(Collected data)
▼

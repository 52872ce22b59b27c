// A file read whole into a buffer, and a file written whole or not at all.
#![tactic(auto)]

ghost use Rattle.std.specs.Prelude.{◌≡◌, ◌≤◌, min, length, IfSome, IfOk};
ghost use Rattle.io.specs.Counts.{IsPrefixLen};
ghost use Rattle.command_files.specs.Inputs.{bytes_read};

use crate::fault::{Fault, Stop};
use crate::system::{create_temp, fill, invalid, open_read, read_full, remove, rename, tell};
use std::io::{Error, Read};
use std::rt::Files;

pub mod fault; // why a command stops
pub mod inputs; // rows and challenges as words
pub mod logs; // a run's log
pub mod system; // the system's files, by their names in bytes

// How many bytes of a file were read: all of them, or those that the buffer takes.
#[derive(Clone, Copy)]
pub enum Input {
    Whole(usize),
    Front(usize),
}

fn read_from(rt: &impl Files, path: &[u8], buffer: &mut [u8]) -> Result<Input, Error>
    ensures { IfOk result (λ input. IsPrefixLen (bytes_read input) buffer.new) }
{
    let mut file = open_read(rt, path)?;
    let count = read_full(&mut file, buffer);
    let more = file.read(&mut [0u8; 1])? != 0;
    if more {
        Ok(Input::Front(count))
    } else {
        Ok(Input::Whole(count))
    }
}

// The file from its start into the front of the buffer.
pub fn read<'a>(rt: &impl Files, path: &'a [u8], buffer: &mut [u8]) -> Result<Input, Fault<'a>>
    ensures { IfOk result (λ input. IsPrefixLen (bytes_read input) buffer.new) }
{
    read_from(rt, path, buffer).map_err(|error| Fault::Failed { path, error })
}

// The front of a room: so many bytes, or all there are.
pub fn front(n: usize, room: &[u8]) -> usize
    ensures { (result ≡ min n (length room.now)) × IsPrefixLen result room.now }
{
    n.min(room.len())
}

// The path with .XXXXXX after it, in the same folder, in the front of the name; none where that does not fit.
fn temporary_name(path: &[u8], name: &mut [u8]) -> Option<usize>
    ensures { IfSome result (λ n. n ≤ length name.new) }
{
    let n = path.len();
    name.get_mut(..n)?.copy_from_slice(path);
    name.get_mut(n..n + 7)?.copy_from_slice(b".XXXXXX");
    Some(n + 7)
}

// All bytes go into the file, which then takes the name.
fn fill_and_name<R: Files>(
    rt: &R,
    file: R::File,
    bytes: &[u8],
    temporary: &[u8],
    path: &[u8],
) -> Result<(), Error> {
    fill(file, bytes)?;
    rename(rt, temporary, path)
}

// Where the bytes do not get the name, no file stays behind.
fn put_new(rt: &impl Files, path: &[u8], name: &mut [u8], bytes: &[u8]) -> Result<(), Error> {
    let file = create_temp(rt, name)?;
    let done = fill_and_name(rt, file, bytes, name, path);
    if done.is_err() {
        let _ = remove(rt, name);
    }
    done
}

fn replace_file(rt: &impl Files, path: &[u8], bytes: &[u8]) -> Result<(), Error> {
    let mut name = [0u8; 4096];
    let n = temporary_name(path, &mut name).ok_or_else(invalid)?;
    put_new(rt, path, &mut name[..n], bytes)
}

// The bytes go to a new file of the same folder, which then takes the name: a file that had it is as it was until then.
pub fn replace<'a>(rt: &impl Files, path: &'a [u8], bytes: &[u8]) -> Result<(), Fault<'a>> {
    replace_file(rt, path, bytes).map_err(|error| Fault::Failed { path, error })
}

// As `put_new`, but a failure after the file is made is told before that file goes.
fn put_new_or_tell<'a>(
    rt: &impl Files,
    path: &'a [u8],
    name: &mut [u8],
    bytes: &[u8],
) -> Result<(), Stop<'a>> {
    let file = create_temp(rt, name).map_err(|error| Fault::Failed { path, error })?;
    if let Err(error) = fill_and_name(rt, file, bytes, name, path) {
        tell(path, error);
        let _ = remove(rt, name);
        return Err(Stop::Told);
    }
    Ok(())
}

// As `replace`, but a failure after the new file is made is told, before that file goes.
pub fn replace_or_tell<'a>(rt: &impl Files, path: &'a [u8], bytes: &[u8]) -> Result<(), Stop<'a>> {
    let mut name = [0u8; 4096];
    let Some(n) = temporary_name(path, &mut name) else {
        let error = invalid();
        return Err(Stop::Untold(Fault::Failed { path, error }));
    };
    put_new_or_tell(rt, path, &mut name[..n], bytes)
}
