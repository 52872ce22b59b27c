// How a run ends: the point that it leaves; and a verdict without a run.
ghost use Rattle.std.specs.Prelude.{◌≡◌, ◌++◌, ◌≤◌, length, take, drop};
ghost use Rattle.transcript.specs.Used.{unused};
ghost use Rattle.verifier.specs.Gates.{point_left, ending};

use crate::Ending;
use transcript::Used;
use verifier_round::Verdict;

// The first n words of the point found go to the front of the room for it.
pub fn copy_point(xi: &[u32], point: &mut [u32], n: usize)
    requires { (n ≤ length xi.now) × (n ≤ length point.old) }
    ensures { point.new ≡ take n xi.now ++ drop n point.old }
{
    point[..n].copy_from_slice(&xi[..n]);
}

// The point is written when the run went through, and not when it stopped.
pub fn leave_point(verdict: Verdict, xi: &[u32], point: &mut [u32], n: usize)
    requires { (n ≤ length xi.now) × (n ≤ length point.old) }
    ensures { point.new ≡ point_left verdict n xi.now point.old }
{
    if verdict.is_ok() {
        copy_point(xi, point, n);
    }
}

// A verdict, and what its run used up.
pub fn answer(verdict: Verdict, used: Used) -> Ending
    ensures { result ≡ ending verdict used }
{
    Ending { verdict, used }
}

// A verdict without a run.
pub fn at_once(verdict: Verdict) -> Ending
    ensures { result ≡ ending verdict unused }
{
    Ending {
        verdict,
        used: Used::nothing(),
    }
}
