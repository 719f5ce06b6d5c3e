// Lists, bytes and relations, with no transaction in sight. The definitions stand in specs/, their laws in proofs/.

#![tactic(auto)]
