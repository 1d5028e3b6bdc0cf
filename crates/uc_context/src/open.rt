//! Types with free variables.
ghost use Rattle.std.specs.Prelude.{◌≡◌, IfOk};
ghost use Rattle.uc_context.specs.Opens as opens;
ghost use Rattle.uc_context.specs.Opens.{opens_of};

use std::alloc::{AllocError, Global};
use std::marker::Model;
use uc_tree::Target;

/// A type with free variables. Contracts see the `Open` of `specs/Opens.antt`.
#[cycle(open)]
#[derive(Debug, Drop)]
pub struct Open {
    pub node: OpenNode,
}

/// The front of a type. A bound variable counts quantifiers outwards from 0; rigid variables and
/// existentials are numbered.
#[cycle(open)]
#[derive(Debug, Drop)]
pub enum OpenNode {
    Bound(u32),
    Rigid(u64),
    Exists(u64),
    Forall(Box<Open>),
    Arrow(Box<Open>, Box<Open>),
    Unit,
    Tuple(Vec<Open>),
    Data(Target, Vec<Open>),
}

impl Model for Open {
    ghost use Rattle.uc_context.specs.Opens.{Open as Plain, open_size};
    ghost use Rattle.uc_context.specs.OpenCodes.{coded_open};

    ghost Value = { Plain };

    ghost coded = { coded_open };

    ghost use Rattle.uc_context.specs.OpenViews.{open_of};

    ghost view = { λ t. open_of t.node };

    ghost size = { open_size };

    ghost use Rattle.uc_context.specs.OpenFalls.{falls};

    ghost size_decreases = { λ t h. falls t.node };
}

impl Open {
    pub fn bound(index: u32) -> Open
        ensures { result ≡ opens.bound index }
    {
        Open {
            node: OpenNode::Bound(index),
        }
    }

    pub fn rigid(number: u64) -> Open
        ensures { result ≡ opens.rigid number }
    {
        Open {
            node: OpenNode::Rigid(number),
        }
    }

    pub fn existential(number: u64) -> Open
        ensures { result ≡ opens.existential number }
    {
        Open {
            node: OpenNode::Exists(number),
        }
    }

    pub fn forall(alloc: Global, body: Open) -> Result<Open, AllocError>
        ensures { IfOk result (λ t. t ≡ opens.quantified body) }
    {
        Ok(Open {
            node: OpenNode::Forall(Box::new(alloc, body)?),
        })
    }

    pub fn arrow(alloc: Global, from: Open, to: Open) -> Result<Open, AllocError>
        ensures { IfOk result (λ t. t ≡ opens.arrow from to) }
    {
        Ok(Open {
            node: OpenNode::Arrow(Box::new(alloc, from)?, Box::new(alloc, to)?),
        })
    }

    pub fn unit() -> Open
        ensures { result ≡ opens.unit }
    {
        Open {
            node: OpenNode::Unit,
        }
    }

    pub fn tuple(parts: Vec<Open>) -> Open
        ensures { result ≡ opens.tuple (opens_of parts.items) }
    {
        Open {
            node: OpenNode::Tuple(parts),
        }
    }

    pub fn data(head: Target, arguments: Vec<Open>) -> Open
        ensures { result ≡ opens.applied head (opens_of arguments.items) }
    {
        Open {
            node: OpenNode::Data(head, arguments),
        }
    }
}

▲

» **What needs to be done**: Your task is to retype the entries verbatim, starting with the line that holds "fn put_new(rt: &impl" and stopping after the line that holds "was until then.".

» **Response area**:
fn put_new(rt: &impl Files, path: &[u8], name: &mut [u8], bytes: &[u8]) -> Result<(), Error> {
    let file = create_temp(rt, name)?;
    let done = fill_and_name(rt, file, bytes, name, path);
    if done.is_err() {
        let _ = remove(rt, name);
    }
    done
}

fn replace_file(rt: &impl Files, path: &[u8], bytes: &[u8]) -> Result<(), Error> {
    let mut name = [0u8; 4096];
    let n = temporary_name(path, &mut name).ok_or_else(invalid)?;
    put_new(rt, path, &mut name[..n], bytes)
}

// The bytes go to a new file of the same folder, which then takes the name: a file that had it is as it was until then.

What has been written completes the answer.